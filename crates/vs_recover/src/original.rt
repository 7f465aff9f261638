// The lines of the file that was edited, which is read forwards in pieces.
ghost use Rattle.std.specs.Prelude.{◌≡◌, ◌+◌, ◌-◌, ◌≤◌, ◌<◌, ◌++◌, List, ℕ, IfOk, IfSome, OnOk, IsTrue, drop, length, map, take, nat_lt, not};
ghost use Rattle.vs_text.specs.Text.{lines_of};
ghost use Rattle.vs_text.specs.declared.format.Format.{Format};
ghost use Rattle.vs_host.specs.World.{content_of};
ghost use Rattle.vs_recover.specs.Files.{IsFile};
ghost use Rattle.vs_damaged.specs.Items.{Item, Shows, original_item};
ghost use Rattle.vs_recover.specs.Original.{Follows, IsNext, IsOpened, IsPlace, Keeps, ShowsPart, TakesPiece, ahead, pieces_in, pieces_left, pieces_of};
ghost use Rattle.vs_recover.specs.Reading.{IsThere, ReadsAtMost};
ghost use Rattle.vs_damaged.specs.Finds.{original_items};

use crate::Fault;
use crate::calls::{file_len, has_file, read_part};
use memchr::memchr;
use std::alloc::{AllocError, Global};
use vs_damaged::{Marker, Shown};
use vs_host::Folder;
use vs_text::MAX_LINE_BYTES;

// The number of bytes of a piece.
const PIECE: u64 = 65_536;

// The number of bytes that are kept of a line: of a line that is too long, one more than a line may have and a byte 13.
const KEPT: usize = MAX_LINE_BYTES as usize + 2;

/// A place in a file between two of its lines.
#[derive(Drop)]
pub struct Original {
    /// The length of the file.
    pub len: u64,
    /// The place past the piece.
    pub at: u64,
    /// The piece that was read last.
    pub piece: Vec<u8>,
    /// How many bytes of the piece stand before the place.
    pub used: usize,
    /// How many lines of the file stand before the place.
    pub line: u64,
}

// Adds bytes of a line, as far as they are kept.
fn keep(into: &mut Vec<u8>, bytes: &[u8]) -> Result<(), AllocError>
    requires { length into.old.items ≤ KEPT }
    ensures { OnOk result (Keeps into.old.items bytes.now into.new.items) }
{
    let room = KEPT - into.len();
    let size = room.min(bytes.len());
    into.extend_from_slice(&bytes[..size])
}

impl Original {
    // The file's beginning.
    fn new(alloc: Global, len: u64) -> Original
        ensures follows { (file : List ℕ) → len ≡ length file → Follows result file }
        ensures place { IsPlace result }
        ensures len { result.len ≡ len }
        ensures line { result.line ≡ 0 }
    {
        Original {
            len,
            at: 0,
            piece: Vec::new(alloc),
            used: 0,
            line: 0,
        }
    }

    // Reads the next piece.
    fn refill<F: Folder>(&mut self, alloc: Global, host: &mut F, name: &str) -> Result<(), Fault>
        requires len { IsThere F.tells (F.scene host.old) name.now (λ file. self.old.len ≡ length file) }
        requires more { self.old.at < self.old.len }
        ensures piece { OnOk result ((file : List ℕ) → IsFile F.tells (F.scene host.old) name.now file
            → drop self.old.at file ≡ ahead self.new ++ drop self.new.at file) }
        ensures place { OnOk result (IsPlace self.new) }
        ensures same { OnOk result ((self.new.len ≡ self.old.len) × (self.new.line ≡ self.old.line)) }
        ensures left { OnOk result (pieces_left self.new + 1 ≤ pieces_left self.old) }
        ensures reading { ReadsAtMost F.tells result Fault.Failed (F.scene host.old) (F.scene host.new) 1 }
    {
        let size = (self.len - self.at).min(PIECE);
        let mut piece = vec![in alloc; 0u8; size as usize]?;
        read_part(host, name, self.at, &mut piece)?;
        self.piece = piece;
        self.used = 0;
        self.at += size;
        Ok(())
    }

    // Takes the bytes of the piece up to the next line end, and answers whether there is one.
    fn take_piece(&mut self, into: &mut Vec<u8>) -> Result<bool, AllocError>
        requires place { IsPlace self.old }
        requires kept { length into.old.items ≤ KEPT }
        ensures place { OnOk result (IsPlace self.new) }
        ensures taken { IfOk result (λ ended. TakesPiece (ahead self.old) (ahead self.new) into.old.items into.new.items ended) }
        ensures same { OnOk result ((self.new.len ≡ self.old.len) × (self.new.at ≡ self.old.at) × (self.new.line ≡ self.old.line)) }
    {
        let piece = &self.piece[self.used..];
        match memchr(b'\n', piece) {
            Some(end) => {
                keep(into, &piece[..end])?;
                self.used += end + 1;
                Ok(true)
            }
            None => {
                keep(into, piece)?;
                self.used = self.piece.len();
                Ok(false)
            }
        }
    }

    /// Reads the next line, or its beginning where it is too long; false at the file's end.
    fn next_line<F: Folder>(
        &mut self,
        alloc: Global,
        host: &mut F,
        name: &str,
        into: &mut Vec<u8>,
    ) -> Result<bool, Fault>
        requires place { IsPlace self.old }
        requires follows { IsThere F.tells (F.scene host.old) name.now (λ file. Follows self.old file) }
        ensures place { OnOk result (IsPlace self.new) }
        ensures follows { OnOk result (IsThere F.tells (F.scene host.old) name.now (λ file. Follows self.new file)) }
        ensures next { IfOk result (λ more. (file : List ℕ) → IsFile F.tells (F.scene host.old) name.now file
            → IsNext (drop self.old.line (lines_of file)) (drop self.new.line (lines_of file)) into.new.items more) }
        ensures len { OnOk result (self.new.len ≡ self.old.len) }
        ensures left { OnOk result (pieces_left self.new ≤ pieces_left self.old) }
        ensures reading { ReadsAtMost F.tells result Fault.Failed (F.scene host.old) (F.scene host.new) (pieces_left self.old) }
        ensures read { OnOk result
            (ReadsAtMost F.tells result Fault.Failed (F.scene host.old) (F.scene host.new) (pieces_left self.old - pieces_left self.new)) }
    {
        into.clear();
        'pieces: loop {
            if self.take_piece(into)? {
                self.line = self.line.saturating_add(1);
                return Ok(true);
            }
            if self.at == self.len {
                break;
            }
            self.refill(alloc, host, name)?;
        }
        if into.is_empty() {
            return Ok(false);
        }
        self.line = self.line.saturating_add(1);
        Ok(true)
    }

    // Goes back to the file's beginning where more lines than so many stand before the place.
    fn go_back(&mut self, alloc: Global, before: u64)
        requires { IsPlace self.old }
        ensures place { IsPlace self.new }
        ensures follows { (file : List ℕ) → Follows self.old file → Follows self.new file }
        ensures line { self.new.line ≤ before }
        ensures len { self.new.len ≡ self.old.len }
    {
        if before < self.line {
            *self = Original::new(alloc, self.len);
        }
    }

    // Goes to the line before which so many lines stand, or to the file's end.
    fn seek<F: Folder>(
        &mut self,
        alloc: Global,
        host: &mut F,
        name: &str,
        before: u64,
    ) -> Result<(), Fault>
        requires place { IsPlace self.old }
        requires follows { IsThere F.tells (F.scene host.old) name.now (λ file. Follows self.old file) }
        ensures place { OnOk result (IsPlace self.new) }
        ensures follows { OnOk result (IsThere F.tells (F.scene host.old) name.now (λ file. Follows self.new file)) }
        ensures there { OnOk result ((file : List ℕ) → IsFile F.tells (F.scene host.old) name.now file
            → drop self.new.line (lines_of file) ≡ drop before (lines_of file)) }
        ensures len { OnOk result (self.new.len ≡ self.old.len) }
        ensures reading { ReadsAtMost F.tells result Fault.Failed (F.scene host.old) (F.scene host.new) (pieces_of self.old.len) }
        ensures read { OnOk result
            (ReadsAtMost F.tells result Fault.Failed (F.scene host.old) (F.scene host.new) (pieces_of self.old.len - pieces_left self.new)) }
    {
        self.go_back(alloc, before);
        let mut line = Vec::new(alloc);
        for _ in self.line..before {
            if !self.next_line(alloc, host, name, &mut line)? {
                return Ok(());
            }
        }
        Ok(())
    }

    // Shows so many of the next lines; false where there are fewer.
    fn show_lines<F: Folder>(
        &mut self,
        alloc: Global,
        host: &mut F,
        name: &str,
        count: u64,
        shown: &mut Shown,
    ) -> Result<bool, Fault>
        requires place { IsPlace self.old }
        requires follows { IsThere F.tells (F.scene host.old) name.now (λ file. Follows self.old file) }
        ensures place { OnOk result (IsPlace self.new) }
        ensures follows { OnOk result (IsThere F.tells (F.scene host.old) name.now (λ file. Follows self.new file)) }
        ensures shows { IfOk result (λ all. (file : List ℕ) → IsFile F.tells (F.scene host.old) name.now file → (format : Format) (items : List Item)
            → Shows format shown.old items
            → Shows format shown.new (items ++ map (original_item format) (take count (drop self.old.line (lines_of file))))) }
        ensures all { IfOk result (λ all. (file : List ℕ) → IsFile F.tells (F.scene host.old) name.now file
            → all ≡ not (nat_lt (length (drop self.old.line (lines_of file))) count)) }
        ensures len { OnOk result (self.new.len ≡ self.old.len) }
        ensures reading { ReadsAtMost F.tells result Fault.Failed (F.scene host.old) (F.scene host.new) (pieces_left self.old) }
    {
        let mut line = Vec::new(alloc);
        for _ in 0..count {
            if !self.next_line(alloc, host, name, &mut line)? {
                return Ok(false);
            }
            shown.push_original(&line)?;
        }
        Ok(true)
    }
}

/// The beginning of the file under a name, where it is there.
pub fn open_original<F: Folder>(
    alloc: Global,
    host: &mut F,
    name: &str,
) -> Result<Option<Original>, Fault>
    ensures opened { IfOk result (λ original. IsTrue F.tells.folder → IsOpened (content_of (F.scene host.old) name.now) original) }
    ensures place { IfOk result (λ original. IfSome original IsPlace) }
    ensures reading { ReadsAtMost F.tells result Fault.Failed (F.scene host.old) (F.scene host.new) 2 }
{
    if !has_file(host, name)? {
        return Ok(None);
    }
    let len = file_len(host, name)?;
    Ok(Some(Original::new(alloc, len)))
}

// Shows the lines of the file from the one on before which so many stand; false where they are not all there.
fn show_part<F: Folder>(
    alloc: Global,
    host: &mut F,
    name: &str,
    original: &mut Option<Original>,
    before: Option<u64>,
    count: u64,
    shown: &mut Shown,
) -> Result<bool, Fault>
    requires place { IfSome original.old IsPlace }
    requires opened { IsTrue F.tells.folder → IsOpened (content_of (F.scene host.old) name.now) original.old }
    ensures place { OnOk result (IfSome original.new IsPlace) }
    ensures opened { OnOk result (IsTrue F.tells.folder → IsOpened (content_of (F.scene host.old) name.now) original.new) }
    ensures pieces { OnOk result (pieces_in original.new ≡ pieces_in original.old) }
    ensures shows { IfOk result (λ all. IsTrue F.tells.folder → (format : Format) (items : List Item) → Shows format shown.old items
        → ShowsPart format shown.new items (original_items format (content_of (F.scene host.old) name.now) before count) all) }
    ensures reading { ReadsAtMost F.tells result Fault.Failed (F.scene host.old) (F.scene host.new) (pieces_in original.old) }
{
    let Some(original) = original else {
        return Ok(false);
    };
    let Some(before) = before else {
        return Ok(false);
    };
    original.seek(alloc, host, name, before)?;
    let all = original.show_lines(alloc, host, name, count, shown)?;
    Ok(all)
}

/// Shows the lines of the file that an entry leads to: those from the one on before which so many stand.
pub fn show_original<F: Folder>(
    alloc: Global,
    host: &mut F,
    name: &str,
    original: &mut Option<Original>,
    before: Option<u64>,
    count: u64,
    shown: &mut Shown,
) -> Result<(), Fault>
    requires place { IfSome original.old IsPlace }
    requires opened { IsTrue F.tells.folder → IsOpened (content_of (F.scene host.old) name.now) original.old }
    ensures place { OnOk result (IfSome original.new IsPlace) }
    ensures opened { OnOk result (IsTrue F.tells.folder → IsOpened (content_of (F.scene host.old) name.now) original.new) }
    ensures pieces { OnOk result (pieces_in original.new ≡ pieces_in original.old) }
    ensures shows { OnOk result (IsTrue F.tells.folder → (format : Format) (items : List Item) → Shows format shown.old items
        → Shows format shown.new (items ++ original_items format (content_of (F.scene host.old) name.now) before count)) }
    ensures reading { ReadsAtMost F.tells result Fault.Failed (F.scene host.old) (F.scene host.new) (pieces_in original.old) }
{
    if !show_part(alloc, host, name, original, before, count, shown)? {
        shown.push_marker(Marker::LinesMissing)?;
    }
    Ok(())
}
★ ★ ★ ★ ★ ★ ★
## EXERCISE INSTRUCTIONS
Among the lines of the material, find those that hold the word "else" and copy them.

## RESULT OF THIS EXERCISE
    let Some(original) = original else {
    let Some(before) = before else {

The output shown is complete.